Should we bring wolves back into Ireland?
The Grey Wolf was hunted to extinction in Ireland in the 18th century. The last was shot in County Carlow in 1786
Ireland once had perhaps the highest density of wolves in Europe, nicknamed 'wolf-land' by the English who settled here in the 17th century. Wolf populations are now returning to small agricultural European countries, such as the Netherlands for example, which is half the size of Ireland and has three times as many people living there. Ireland is now the only remaining member-state of the European Union where wolves have not recolonised naturally, and as it is an island, will not do so. So why haven't wolves been reintroduced here?

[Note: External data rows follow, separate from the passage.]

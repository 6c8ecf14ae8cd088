//! The ring's places.
ghost use Rattle.std.specs.Prelude.{◌≡◌, ◌+◌, ◌%◌, ◌≤◌, IsTrue, IfSome};
ghost use Rattle.cmd_ring.specs.Places.{IsRing, IsItemLength, free, pad, fits, room_of, opened, place_of, placed, advanced};
ghost use Rattle.tcmu_types.specs.Rules.{IsRingSize};

use std::marker::Model;

/// Whether an item has room. Lengths are in bytes.
#[derive(Clone, Copy, Debug, PartialEq, Eq)]
pub enum Room {
    /// At the head.
    Fits,
    /// At the ring's start, behind so many bytes of padding.
    FitsAfterPad(u32),
    /// Nowhere: it needs more than is free, its padding included.
    Lacks { need: u32, free: u32 },
}

/// Where an item comes to lie, as offsets in the ring, in bytes.
#[derive(Clone, Copy, Debug, PartialEq, Eq)]
pub struct Place {
    /// The padding that goes before the item, up to the ring's end.
    pub pad: Option<u32>,
    /// Where padding would begin: the head before the item was laid, also where there is no padding.
    pub pad_at: u32,
    /// Where the item begins.
    pub at: u32,
}

/// The places of a command ring (the kernel's tcmu-design, "The Command Ring"): an item lies in one piece, behind padding where it
/// would pass the ring's end, and one byte is never used. Each number is in bytes.
#[derive(Debug, Drop)]
pub struct Ring {
    size: u32,
    cleaned: u32,
    used: u32,
}

impl Model for Ring {
    ghost use Rattle.std.specs.Prelude.{◌+◌, ◌%◌};
    ghost use Rattle.cmd_ring.specs.Places.{RingPlaces, IsRing};

    ghost Value = { RingPlaces };

    ghost view = { λ a. record { size = a.size; head = (a.cleaned + a.used) % a.size; cleaned = a.cleaned; used = a.used } };

    ghost invariant = { λ a. IsRing (record { size = a.size; head = (a.cleaned + a.used) % a.size; cleaned = a.cleaned; used = a.used }) };
}

impl Ring {
    /// An empty ring of so many bytes: a multiple of 4096, at most 4 MiB.
    pub fn new(size: u32) -> Ring
        requires { IsRingSize size }
        ensures { result ≡ opened size }
    {
        Ring {
            size,
            cleaned: 0,
            used: 0,
        }
    }

    /// Whether an item of `len` bytes, a multiple of 8 above 0 and at most half the ring, has room. An empty ring has room for each.
    pub fn room(&self, len: u32) -> Room
        requires { IsItemLength self.now.size len }
        ensures value { result ≡ room_of self.now len }
        ensures empty { self.now.used ≡ 0 → IsTrue (fits self.now len) }
    {
        let pad = self.pad(len);
        let need = pad + len;
        let free = self.free();
        if need > free {
            return Room::Lacks { need, free };
        }
        if pad == 0 {
            Room::Fits
        } else {
            Room::FitsAfterPad(pad)
        }
    }

    /// Lays an item of `len` bytes that has room, and padding before it where `room` says so.
    pub fn place(&mut self, len: u32) -> Place
        requires length { IsItemLength self.old.size len }
        requires room { IsTrue (fits self.old len) }
        ensures value { result ≡ place_of self.old len }
        ensures new { self.new ≡ placed self.old len }
        ensures in_one_piece { result.at + len ≤ self.old.size }
        ensures to_the_end { IfSome result.pad (λ pad. result.pad_at + pad ≡ self.old.size) }
        ensures pad_words { IfSome result.pad (λ pad. (8 ≤ pad) × (pad % 8 ≡ 0)) }
    {
        let pad_at = self.head();
        let pad = self.pad(len);
        self.used += pad + len;
        if pad == 0 {
            Place {
                pad: None,
                pad_at,
                at: pad_at,
            }
        } else {
            Place {
                pad: Some(pad),
                pad_at,
                at: 0,
            }
        }
    }

    /// Gives the `len` oldest bytes in use back, a multiple of 8.
    pub fn advance_clean(&mut self, len: u32)
        requires most { len ≤ self.old.used }
        requires words { len % 8 ≡ 0 }
        ensures { self.new ≡ advanced self.old len }
    {
        self.cleaned = (self.cleaned + len) % self.size;
        self.used -= len;
    }

    /// Gives all back, and begins anew at the ring's start.
    pub fn reset(&mut self)
        ensures { self.new ≡ opened self.old.size }
    {
        self.cleaned = 0;
        self.used = 0;
    }

    /// How many bytes the ring has.
    pub fn size(&self) -> u32
        ensures { result ≡ self.now.size }
    {
        self.size
    }

    /// Where the next item begins, or its padding.
    pub fn head(&self) -> u32
        ensures value { result ≡ self.now.head }
        ensures sound { IsRing self.now }
    {
        (self.cleaned + self.used) % self.size
    }

    /// Where the bytes in use begin, a byte offset in the ring: what is laid longest stands there.
    pub fn cleaned(&self) -> u32
        ensures { result ≡ self.now.cleaned }
    {
        self.cleaned
    }

    /// How many bytes are in use, padding included.
    pub fn used(&self) -> u32
        ensures { result ≡ self.now.used }
    {
        self.used
    }

    /// How many more bytes can be used: the size less those in use, and less the one byte that never is.
    pub fn free(&self) -> u32
        ensures { result ≡ free self.now }
    {
        self.size - self.used - 1
    }

    /// The padding that goes before an item of `len` bytes.
    fn pad(&self, len: u32) -> u32
        ensures value { result ≡ pad self.now len }
        ensures sound { IsRing self.now }
    {
        let left = self.size - self.head();
        if left < len { left } else { 0 }
    }
}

New research from University College Dublin (UCD) conducted by Kilian J Murphy et al. working out of the Laboratory of Wildlife Ecology and Behaviour under Dr Simone Ciuti investigated the outcome of wolf reintroduction to Ireland using a modern simulation modelling approach. This approach allowed the research team to simulate the effect of wolf reintroduction to Ireland's national parks under a suite of different management and policy strategies, ranging from no management at all to landscape-scale interventions aimed at reducing wolf-human conflicts. The study ran more than 1,000 simulations to investigate if wolves could survive here, how they might use the landscape, and the consequences for deer and livestock within and around Wicklow Mountains National Park, Glenveagh National Park, Killarney National Park, and Wild Nephin National Park.